* **Required work**
Two lines in the data below mark the range: the one with "of a folder." and the one with "-> Result<(), NoMemory>". Return both, along with every line between them, exactly.

******

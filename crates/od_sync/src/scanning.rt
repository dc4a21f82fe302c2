ghost use Rattle.std.specs.Prelude.{◌≡◌, ◌<◌, ◌++◌, ◌∷◌, [], true, false, length, IfOk, OnOk};
ghost use Rattle.std.specs.List.{All};
ghost use Rattle.od_tree.specs.Undisturbed.{Undisturbed};
ghost use Rattle.od_tree.specs.declared.step.TreeOp.TheVariants as op;
ghost use Rattle.od_sync.specs.Scans.{GrowsByLooks, Finds, HasFolderCause};
ghost use Rattle.od_sync.specs.Findings.{digest_at, listing_at, found_file};
ghost use Rattle.od_sync.specs.Visits.{Shows, Sees, Visits, Begins, turns, pushed};

use crate::waiting::Waiting;
use gd_item::{Digest, digest_of};
use gd_names::{Exact, List, NoMemory, Path, Text};
use od_tree::{Entry, Tree, TreeFault};
use std::alloc::{AllocError, AllocFailed, Global};
use thiserror::Error;

/// What stands at a path.
#[derive(Clone, Copy, Debug, PartialEq, Eq)]
pub enum Node {
    Folder,
    File(Digest),
}

impl Exact for Node {
    ghost use Rattle.std.proofs.Common.{rules};

    ghost exact = { Prim.search rules };
}

/// Why the folder could not be looked at, or changed.
#[derive(Clone, Copy, Debug, PartialEq, Eq, Error)]
pub enum FolderFault {
    #[error("the folder cannot be reached")]
    Failed,
    #[error("out of memory")]
    Memory,
}

impl From<NoMemory> for FolderFault {
    ghost use Rattle.od_sync.specs.declared.scanning.FolderFault.TheVariants.{Memory};

    ghost from_gives = { λ _ fault. fault ≡ Memory };

    fn from(_error: NoMemory) -> FolderFault {
        FolderFault::Memory
    }
}

impl From<AllocError> for FolderFault {
    ghost use Rattle.od_sync.specs.declared.scanning.FolderFault.TheVariants.{Memory};

    ghost from_gives = { λ _ fault. fault ≡ Memory };

    fn from(_error: AllocError) -> FolderFault {
        FolderFault::Memory
    }
}

impl<T: Drop> From<AllocFailed<T>> for FolderFault {
    ghost use Rattle.od_sync.specs.declared.scanning.FolderFault.TheVariants.{Memory};

    ghost from_gives = { λ _ fault. fault ≡ Memory };

    fn from(_error: AllocFailed<T>) -> FolderFault {
        FolderFault::Memory
    }
}

/// The digest of a file, and None where it is gone.
fn look_at_file<T: Tree>(
    tree: &mut T,
    alloc: Global,
    at: &Path,
) -> Result<Option<Digest>, FolderFault>
    requires { 0 < length at.now }
    ensures log { GrowsByLooks 0 (T.log tree.old) (T.log tree.new) }
    ensures cause { HasFolderCause (T.faults tree.old) (T.faults tree.new) result }
    ensures undisturbed { Undisturbed (T.undisturbed tree.old) (T.undisturbed tree.new) (T.faults tree.old) (T.faults tree.new) (T.log tree.old) (T.log tree.new) }
    ensures found { IfOk result (λ digest. Shows (op.Read at.now) (digest_at at.now) digest (T.log tree.old) (T.log tree.new)) }
{
    match tree.read(alloc, at) {
        Ok(bytes) => Ok(Some(digest_of(bytes.as_slice()))),
        Err(TreeFault::Missing) => Ok(None),
        Err(TreeFault::Failed) => Err(FolderFault::Failed),
        Err(TreeFault::Memory) => Err(FolderFault::Memory),
        Err(TreeFault::Taken) => unreachable!(),
        Err(TreeFault::NotEmpty) => unreachable!(),
    }
}

/// The entries of a folder, and None where it is gone.
fn look_at_folder<T: Tree>(
    tree: &mut T,
    alloc: Global,
    at: &Path,
) -> Result<Option<List<Entry>>, FolderFault>
    ensures log { GrowsByLooks 1 (T.log tree.old) (T.log tree.new) }
    ensures below { 0 < length at.now → GrowsByLooks 0 (T.log tree.old) (T.log tree.new) }
    ensures cause { HasFolderCause (T.faults tree.old) (T.faults tree.new) result }
    ensures undisturbed { Undisturbed (T.undisturbed tree.old) (T.undisturbed tree.new) (T.faults tree.old) (T.faults tree.new) (T.log tree.old) (T.log tree.new) }
    ensures found { IfOk result (λ entries. Shows (op.List at.now) (listing_at at.now) entries (T.log tree.old) (T.log tree.new)) }
{
    match tree.list(alloc, at) {
        Ok(entries) => Ok(Some(entries)),
        Err(TreeFault::Missing) => Ok(None),
        Err(TreeFault::Failed) => Err(FolderFault::Failed),
        Err(TreeFault::Memory) => Err(FolderFault::Memory),
        Err(TreeFault::Taken) => unreachable!(),
        Err(TreeFault::NotEmpty) => unreachable!(),
    }
}

/// The path of an entry of a folder.
fn path_in(folder: &Path, name: &Text) -> Result<Path, AllocError>
    ensures { IfOk result (λ path. path ≡ folder.now ++ name.now ∷ []) }
{
    let mut names = folder.clone()?.into_names();
    match names.push(name.clone()?) {
        Ok(()) => Ok(Path::from_names(names)),
        Err(_) => Err(AllocError),
    }
}

/// Lets the entries of a folder wait, the first of them on top.
fn push_entries(
    waiting: &mut Vec<Waiting>,
    folder: &Path,
    entries: &[Entry],
) -> Result<(), NoMemory>
    ensures { OnOk result (turns waiting.new.items ≡ pushed folder.now entries.now (turns waiting.old.items)) }
{
    let mut left = entries.len();
    while left > 0 {
        left -= 1;
        let entry = &entries[left];
        let path = path_in(folder, &entry.name)?;
        waiting.push(Waiting {
            path,
            folder: entry.folder,
        })?;
    }
    Ok(())
}

/// Scans a file, if it is still there.
fn visit_file<T: Tree>(
    tree: &mut T,
    alloc: Global,
    at: Path,
    found: &mut Vec<(Path, Node)>,
) -> Result<(), FolderFault>
    requires { 0 < length at }
    ensures log { GrowsByLooks 0 (T.log tree.old) (T.log tree.new) }
    ensures cause { HasFolderCause (T.faults tree.old) (T.faults tree.new) result }
    ensures undisturbed { Undisturbed (T.undisturbed tree.old) (T.undisturbed tree.new) (T.faults tree.old) (T.faults tree.new) (T.log tree.old) (T.log tree.new) }
    ensures found { OnOk result (Sees found.old.items found.new.items (λ spots. found.new.items ≡ found.old.items ++ found_file at (digest_at at spots)) (T.log tree.old) (T.log tree.new)) }
{
    let digest = look_at_file(tree, alloc, &at)?;
    match digest {
        Some(digest) => {
            found.push((at, Node::File(digest)))?;
            Ok(())
        }
        None => Ok(()),
    }
}

/// Scans a folder, if it is still there, and lets its entries wait.
fn visit_folder<T: Tree>(
    tree: &mut T,
    alloc: Global,
    at: Path,
    waiting: &mut Vec<Waiting>,
    found: &mut Vec<(Path, Node)>,
) -> Result<(), FolderFault>
    requires { 0 < length at }
    ensures log { GrowsByLooks 0 (T.log tree.old) (T.log tree.new) }
    ensures cause { HasFolderCause (T.faults tree.old) (T.faults tree.new) result }
    ensures undisturbed { Undisturbed (T.undisturbed tree.old) (T.undisturbed tree.new) (T.faults tree.old) (T.faults tree.new) (T.log tree.old) (T.log tree.new) }
    ensures found { OnOk result (Sees found.old.items found.new.items (Visits at true found.old.items found.new.items (turns waiting.old.items) (turns waiting.new.items)) (T.log tree.old) (T.log tree.new)) }
{
    let entries = look_at_folder(tree, alloc, &at)?;
    match entries {
        Some(entries) => {
            push_entries(waiting, &at, entries.as_slice())?;
            found.push((at, Node::Folder))?;
            Ok(())
        }
        None => Ok(()),
    }
}

fn visit<T: Tree>(
    tree: &mut T,
    alloc: Global,
    next: Waiting,
    waiting: &mut Vec<Waiting>,
    found: &mut Vec<(Path, Node)>,
) -> Result<(), FolderFault>
    ensures log { GrowsByLooks 0 (T.log tree.old) (T.log tree.new) }
    ensures cause { HasFolderCause (T.faults tree.old) (T.faults tree.new) result }
    ensures undisturbed { Undisturbed (T.undisturbed tree.old) (T.undisturbed tree.new) (T.faults tree.old) (T.faults tree.new) (T.log tree.old) (T.log tree.new) }
    ensures found { OnOk result (Sees found.old.items found.new.items (Visits next.path next.folder found.old.items found.new.items (turns waiting.old.items) (turns waiting.new.items)) (T.log tree.old) (T.log tree.new)) }
{
    let Waiting { path, folder } = next;
    if folder {
        visit_folder(tree, alloc, path, waiting, found)
    } else {
        visit_file(tree, alloc, path, found)
    }
}

/// Lets the entries of the root wait.
fn begin<T: Tree>(
    tree: &mut T,
    alloc: Global,
    waiting: &mut Vec<Waiting>,
) -> Result<(), FolderFault>
    ensures log { GrowsByLooks 1 (T.log tree.old) (T.log tree.new) }
    ensures cause { HasFolderCause (T.faults tree.old) (T.faults tree.new) result }
    ensures undisturbed { Undisturbed (T.undisturbed tree.old) (T.undisturbed tree.new) (T.faults tree.old) (T.faults tree.new) (T.log tree.old) (T.log tree.new) }
    ensures found { OnOk result (Begins (turns waiting.old.items) (turns waiting.new.items) (T.log tree.old) (T.log tree.new)) }
{
    let root = Path::root(alloc);
    let entries = look_at_folder(tree, alloc, &root)?;
    match entries {
        Some(entries) => {
            push_entries(waiting, &root, entries.as_slice())?;
            Ok(())
        }
        None => Ok(()),
    }
}

/// All entries in order of path: a folder is listed, and a file read, when its turn comes. What is gone then is left out.
pub fn scan<T: Tree>(tree: &mut T, alloc: Global) -> Result<List<(Path, Node)>, FolderFault>
    ensures log { GrowsByLooks 1 (T.log tree.old) (T.log tree.new) }
    ensures cause { HasFolderCause (T.faults tree.old) (T.faults tree.new) result }
    ensures undisturbed { Undisturbed (T.undisturbed tree.old) (T.undisturbed tree.new) (T.faults tree.old) (T.faults tree.new) (T.log tree.old) (T.log tree.new) }
    ensures found { IfOk result (λ found. Finds (T.log tree.old) (T.log tree.new) found) }
{
    let mut found = Vec::new(alloc);
    let mut waiting = Vec::new(alloc);
    begin(tree, alloc, &mut waiting)?;
    for _turn in 0..u64::MAX {
        match waiting.pop() {
            Some(next) => visit(tree, alloc, next, &mut waiting, &mut found)?,
            None => return Ok(List::from_vec(found)),
        }
    }
    Err(FolderFault::Memory)
}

******

* **Solution to this task**
/// The path of an entry of a folder.
fn path_in(folder: &Path, name: &Text) -> Result<Path, AllocError>
    ensures { IfOk result (λ path. path ≡ folder.now ++ name.now ∷ []) }
{
    let mut names = folder.clone()?.into_names();
    match names.push(name.clone()?) {
        Ok(()) => Ok(Path::from_names(names)),
        Err(_) => Err(AllocError),
    }
}

/// Lets the entries of a folder wait, the first of them on top.
fn push_entries(
    waiting: &mut Vec<Waiting>,
    folder: &Path,
    entries: &[Entry],
) -> Result<(), NoMemory>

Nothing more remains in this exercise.